Be Here Now: Why the Present Moment Feels So Hard to Remember
- Heather Browning

- Dec 27, 2025
- 2 min read
This reflection came from a moment in conversation that lingered longer than expected.
Be… here… now.
We hear this everywhere—on wellness posts, in yoga classes, whispered like a sacred reminder. Be in the present. All we truly have is the present.
And yet Kelly challenged my belief system this week when she said something that stopped me in my tracks:
When you are fully in the present moment, you don’t remember much. You only remember the things that trigger you.
Wait—what?
How could that be? I don’t want a life where the only things I remember are the hard or painful moments.
Where do you notice yourself trying to remember instead of simply being there?
For argument’s sake, of course, I still remember the beautiful parts of my life—my wedding, the birth of my children, moments of joy and connection. But those memories take a moment to conjure up.
Meanwhile, the triggering ones? They rise to the surface instantly, uninvited and fully charged.
And here’s the thing: there’s a reason for that.
As human beings, we are wired for survival. Our minds automatically scan for danger because, thousands of years ago, noticing the threat kept us alive.
Negative or triggering experiences get stored with a kind of urgency, as if our brain is saying, “Remember this so it doesn’t happen again.”
Being present, on the other hand, does not demand your attention.
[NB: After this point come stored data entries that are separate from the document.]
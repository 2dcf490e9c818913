// Lists of the values of a dictionary, and of its pairs.
ghost use Rattle.std.specs.Prelude.{◌≡◌, map, List, None};
ghost use Rattle.op_mutations.specs.Entries.{value_at};
ghost use Rattle.op_lists.specs.ValuesSeen.{values_seen};
ghost use Rattle.op_work.specs.Work.{Comes, Ends};
ghost use Rattle.py_model.specs.Dicts.{values_method, items_method, read_entries};
ghost use Rattle.py_value.specs.Contents.{contents};
ghost use Rattle.py_value.specs.Values.{IsNamed, AreNamed};

use op_dicts::dict_operand;
use op_lists::{new_list, order_key, pair_up, walk_keys};
use op_work::{Stop, Work};
use py_model::Answer;
use py_value::Value;
use std::alloc::Global;

// The value at a key of an order.
fn entry_value(work: &mut Work, alloc: Global, o: u32, v: Value) -> Result<Value, Stop>
    requires { IsNamed work.old.values v }
    ensures { Comes IsNamed contents (λ table. value_at o (contents table v)) work.old work.new result }
{
    let key = order_key(work, alloc, v)?;
    let entry = work.read_entry(o, v, key)?;
    match entry {
        Some(pair) => Ok(pair.1),
        None => Ok(Value::None),
    }
}

// The values at the keys of an order, one after the other.
fn entry_values(work: &mut Work, alloc: Global, o: u32, keys: &[Value]) -> Result<Vec<Value>, Stop>
    requires { AreNamed work.old.values keys.now }
    ensures { Comes (λ values vs. AreNamed values vs.items) (λ table vs. values_seen table vs.items) (λ table. read_entries o (values_seen table keys.now)) work.old work.new result }
{
    let mut items = Vec::new(alloc);
    for i in 0..keys.len() {
        let item = entry_value(work, alloc, o, keys[i])?;
        items.push(item)?;
    }
    Ok(items)
}

/// `d.values()` (90): the order and each entry are read, and a list of the values is made.
pub fn values(work: &mut Work, alloc: Global, operands: &[Value]) -> Result<Answer, Stop>
    requires fresh { work.old.made ≡ None }
    ensures { Ends (λ table. values_method (map (contents table) operands.now)) work.old work.new result }
{
    let o = dict_operand(work, alloc, operands, 1)?;
    let keys = walk_keys(work, alloc, o)?;
    let found = entry_values(work, alloc, o, keys.as_slice())?;
    new_list(work, found.as_slice())
}

/// `d.items()` (88): the order and each entry are read, and a list of the pairs is made.
pub fn items(work: &mut Work, alloc: Global, operands: &[Value]) -> Result<Answer, Stop>
    requires fresh { work.old.made ≡ None }
    ensures { Ends (λ table. items_method (map (contents table) operands.now)) work.old work.new result }
{
    let o = dict_operand(work, alloc, operands, 1)?;
    let keys = walk_keys(work, alloc, o)?;
    let found = entry_values(work, alloc, o, keys.as_slice())?;
    let both = pair_up(work, alloc, keys.as_slice(), found.as_slice())?;
    new_list(work, both.as_slice())
}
It allows it.
Presence whispers.
Fear shouts.

When you’re truly in the moment, your body isn’t activating alarm systems. You’re not rehearsing worst-case scenarios. Your nervous system is calm and open. And because there’s no threat to solve, the brain doesn’t feel the need to stamp the moment into memory with the same force.
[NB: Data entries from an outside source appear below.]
// Whether values are atoms: none is, or holds in tuples, an object, a function or a class of a script.
ghost use Rattle.std.specs.Prelude.{◌≡◌, ◌<◌, ◌≤◌, ◌&&◌, length, slice_get, Some, IfOk, map};
ghost use Rattle.std.specs.List.{list_all};
ghost use Rattle.op_atoms.specs.Atoms.{is_atom as is_atomic};
ghost use Rattle.op_atoms.specs.Marks.{marked as mark_of, AreMarks};
ghost use Rattle.py_value.specs.Contents.{contents};
ghost use Rattle.py_value.specs.Values.{IsNamed, AreNamed};
ghost use Rattle.py_value.specs.declared.value.Value.TheVariants.{Tuple};

use prov_base::Memory;
use py_value::{Value, Values, tuples_are_their_parts};
use std::alloc::Global;

// Whether all values are atoms.
pub(crate) fn are_atoms(values: &Values, alloc: Global, operands: &[Value]) -> Result<bool, Memory>
    requires { AreNamed values.now operands.now }
    ensures { IfOk result (λ all. all ≡ list_all (λ v. is_atomic (contents values.now v)) operands.now) }
{
    for v in operands.iter() {
        if !is_atom(values, alloc, *v)? {
            return Ok(false);
        }
    }
    Ok(true)
}

// Whether a value is an atom.
fn is_atom(values: &Values, alloc: Global, v: Value) -> Result<bool, Memory>
    requires { IsNamed values.now v }
    ensures { IfOk result (λ atom. atom ≡ is_atomic (contents values.now v)) }
{
    match v {
        Value::Tuple(id) => {
            let marks = marks_before(values, alloc, id)?;
            Ok(is_atom_tuple(values, &marks, id))
        }
        Value::Fn(_) => Ok(false),
        Value::Class(_) => Ok(false),
        Value::Object(_) => Ok(false),
        _ => Ok(true),
    }
}

// Which of the tuples before one are atoms. The parts of a tuple stand before it.
fn marks_before(values: &Values, alloc: Global, id: u32) -> Result<Vec<bool>, Memory>
    requires { id < length values.now.tuples }
    ensures marks { IfOk result (λ marks. AreMarks values.now marks.items) }
    ensures count { IfOk result (λ marks. length marks.items ≡ id) }
{
    let mut marks = Vec::new(alloc);
    for before in 0..id {
        let atom = is_atom_tuple(values, &marks, before);
        marks.push(atom)?;
    }
    Ok(marks)
}

// Whether a tuple is an atom, by those before it.
fn is_atom_tuple(values: &Values, marks: &[bool], id: u32) -> bool
    requires within { id < length values.now.tuples }
    requires count { length marks.now ≡ id }
    requires marks { AreMarks values.now marks.now }
    ensures { result ≡ is_atomic (contents values.now (Tuple id)) }
{
    tuples_are_their_parts();
    are_marked(marks, values.tuple_of(id))
}

// Whether all values are atoms, by the marks of the tuples.
fn are_marked(marks: &[bool], items: &[Value]) -> bool
    ensures { result ≡ list_all (mark_of marks.now) items.now }
{
    items.iter().all(|v| marked(marks, *v))
}

// Whether a value is an atom, by the marks of the tuples.
fn marked(marks: &[bool], v: Value) -> bool
    ensures { result ≡ mark_of marks.now v }
{
    match v {
        Value::Tuple(id) => marks.get(id as usize).copied().unwrap_or(false),
        Value::Fn(_) => false,
        Value::Class(_) => false,
        Value::Object(_) => false,
        _ => true,
    }
}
Think about a peaceful day at the beach with your family. You likely won’t recall every detail or every hour. But you’ll go to bed that night with a smile on your face and a quiet sense of how fast the day flew by. The memory is felt more than recorded.
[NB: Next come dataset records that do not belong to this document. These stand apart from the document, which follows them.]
// The distinct keys of a dictionary's display.
ghost use Rattle.std.specs.Prelude.{◌≡◌, IfOk, OnOk, position};
ghost use Rattle.op_mutations.specs.Pairs.{has_key, with_value, firsts as firsts_of};

use prov_base::Memory;
use py_value::{Key, Value};
use std::alloc::Global;

/// A key of a dictionary, with its first form and its value.
#[derive(Clone, Copy)]
pub struct Pair {
    /// The key in its normal form.
    pub key: Key,
    /// The key as it was given first.
    pub first: Value,
    /// The value that was given last.
    pub item: Value,
}

// The place of a key among those of pairs.
fn place_of(pairs: &[Pair], key: Key) -> Option<usize>
    ensures { result ≡ position (has_key key) pairs.now }
{
    pairs.iter().position(|pair| pair.key.value == key.value)
}

/// The value of a key is put to the pairs: behind the others, or in the place of its value.
pub(crate) fn put_value(
    pairs: &mut Vec<Pair>,
    key: Key,
    first: Value,
    item: Value,
) -> Result<(), Memory>
    ensures { OnOk result (pairs.new.items ≡ with_value key first item pairs.old.items) }
{
    match place_of(pairs.as_slice(), key) {
        Some(i) => pairs[i].item = item,
        None => pairs.push(Pair { key, first, item })?,
    }
    Ok(())
}

/// The first forms of the keys, in order.
pub(crate) fn firsts(alloc: Global, pairs: &[Pair]) -> Result<Vec<Value>, Memory>
    ensures { IfOk result (λ keys. keys.items ≡ firsts_of pairs.now) }
{
    let mut keys = Vec::new(alloc);
    for pair in pairs {
        keys.push(pair.first)?;
    }
    Ok(keys)
}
And maybe that’s the point.
Presence isn’t about collecting moments—it’s about experiencing them. It’s about letting life flow smoothly without gripping it so tightly. It’s about trusting that the good is happening, even if it doesn’t replay in crisp detail. The gift of midlife, I am finding, is experiencing more of these moments.
If this reflection feels familiar, it’s because this is the kind of noticing we practice inside A Year To Be You. Not fixing. Not forcing clarity. Just learning how to stay present with yourself long enough to feel what’s already there.
So the next time someone asks what you did over the weekend, and you have no idea?
Just smile and say, “I was in the present.”